[[ RECORDS TO PROCESS open ]]
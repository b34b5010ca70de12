//! Digests of keys.

ghost use Rattle.std.specs.Prelude.{◌≡◌, ◌++◌, IfOk, OnOk};
ghost use Rattle.dns_data.specs.Label.{IsLabel};
ghost use Rattle.key_chain.specs.Keys.{digest_by, digests_of, label_octets, matches, wire_labels, wire_of};
ghost use Rattle.sha1.specs.Sha1.{sha1};
ghost use Rattle.sha2.specs.Sha256.{sha256};
ghost use Rattle.sha2.specs.Sha512.{sha384};

use crate::keys::{Key, Signer};
use dns_data::{Labels, Name, NoMemory, Octets};
use sha1::Sha1;
use sha2::{Digest, Sha256, Sha384};
use std::alloc::Global;

/// The octets of a name on the wire (RFC 4034 section 6.2).
pub fn wire_of(alloc: Global, name: &Name) -> Result<Octets, NoMemory>
    ensures { IfOk result (λ octets. octets ≡ wire_of name.now) }
{
    let mut octets = Octets::new();
    put_labels(alloc, &mut octets, &name.labels())?;
    octets.push(alloc, 0)?;
    Ok(octets)
}

/// Puts the octets of labels at the end, the leaf first.
#[tactic(auto, using(crate::proofs::LeafFirst::label_last))]
fn put_labels(alloc: Global, octets: &mut Octets, labels: &Labels<'_>) -> Result<(), NoMemory>
    ensures { OnOk result (octets.new ≡ octets.old ++ wire_labels labels.now) }
{
    if let Some((label, below)) = labels.split_first() {
        put_labels(alloc, octets, &below)?;
        put_label(alloc, octets, label)?;
    }
    Ok(())
}

/// Puts the octets of a label at the end: its length, and its own.
fn put_label(alloc: Global, octets: &mut Octets, label: &[u8]) -> Result<(), NoMemory>
    requires { IsLabel label.now }
    ensures { OnOk result (octets.new ≡ octets.old ++ label_octets label.now) }
{
    octets.push(alloc, label.len() as u8)?;
    octets.extend_from_slice(alloc, label)
}

/// The digests of a key: over the octets of its owner on the wire and its data (RFC 4034 section 5.1.4).
#[derive(Debug, Drop)]
pub struct KeyDigests {
    pub by_sha1: [u8; 20],
    pub by_sha256: [u8; 32],
    pub by_sha384: [u8; 48],
}

/// The digests of a key whose owner has these octets on the wire (RFC 4034 section 5.1.4, RFC 4509 section 2.2, RFC 6605
/// section 2).
pub fn digests_of(wire: &[u8], key: &Key) -> KeyDigests
    ensures { result ≡ digests_of wire.now key.now }
{
    let octets = key.octets.items();
    KeyDigests {
        by_sha1: sha1_of(wire, octets),
        by_sha256: sha256_of(wire, octets),
        by_sha384: sha384_of(wire, octets),
    }
}

/// Whether the signer is that of the key with these digests (RFC 4034 section 5.1.4).
pub fn matches(digests: &KeyDigests, signer: &Signer, key: &Key) -> bool
    ensures { result ≡ matches digests.now signer.now key.now }
{
    signer.tag == key.tag
        && signer.algorithm == key.algorithm
        && signer.digest.items() == digest_by(signer.kind, digests)
}

/// The digest of this type; there is none of a type that isn't looked at.
fn digest_by(kind: u8, digests: &KeyDigests) -> &[u8]
    ensures { result.now ≡ digest_by kind digests.now }
{
    match kind {
        1 => digests.by_sha1.as_slice(),
        2 => digests.by_sha256.as_slice(),
        4 => digests.by_sha384.as_slice(),
        _ => b"".as_slice(),
    }
}

/// The digest by SHA-1 of two pieces, put together.
fn sha1_of(first: &[u8], second: &[u8]) -> [u8; 20]
    ensures { result ≡ sha1 (first.now ++ second.now) }
{
    let mut hasher = Sha1::new();
    hasher.update(first);
    hasher.update(second);
    hasher.finalize()
}

/// The digest by SHA-256 of two pieces, put together.
fn sha256_of(first: &[u8], second: &[u8]) -> [u8; 32]
    ensures { result ≡ sha256 (first.now ++ second.now) }
{
    let mut hasher = Sha256::new();
    hasher.update(first);
    hasher.update(second);
    hasher.finalize()
}

/// The digest by SHA-384 of two pieces, put together.
fn sha384_of(first: &[u8], second: &[u8]) -> [u8; 48]
    ensures { result ≡ sha384 (first.now ++ second.now) }
{
    let mut hasher = Sha384::new();
    hasher.update(first);
    hasher.update(second);
    hasher.finalize()
}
[[ RECORDS TO PROCESS closed ]]
• **YOUR ASSIGNMENT**:
Look above for the line that holds "let mut hasher = Sha384::new();", then copy it and each line after it exactly, through the last line of the data.

• **RESPONSE TO THIS TASK**:
    let mut hasher = Sha384::new();
    hasher.update(first);
    hasher.update(second);
    hasher.finalize()
}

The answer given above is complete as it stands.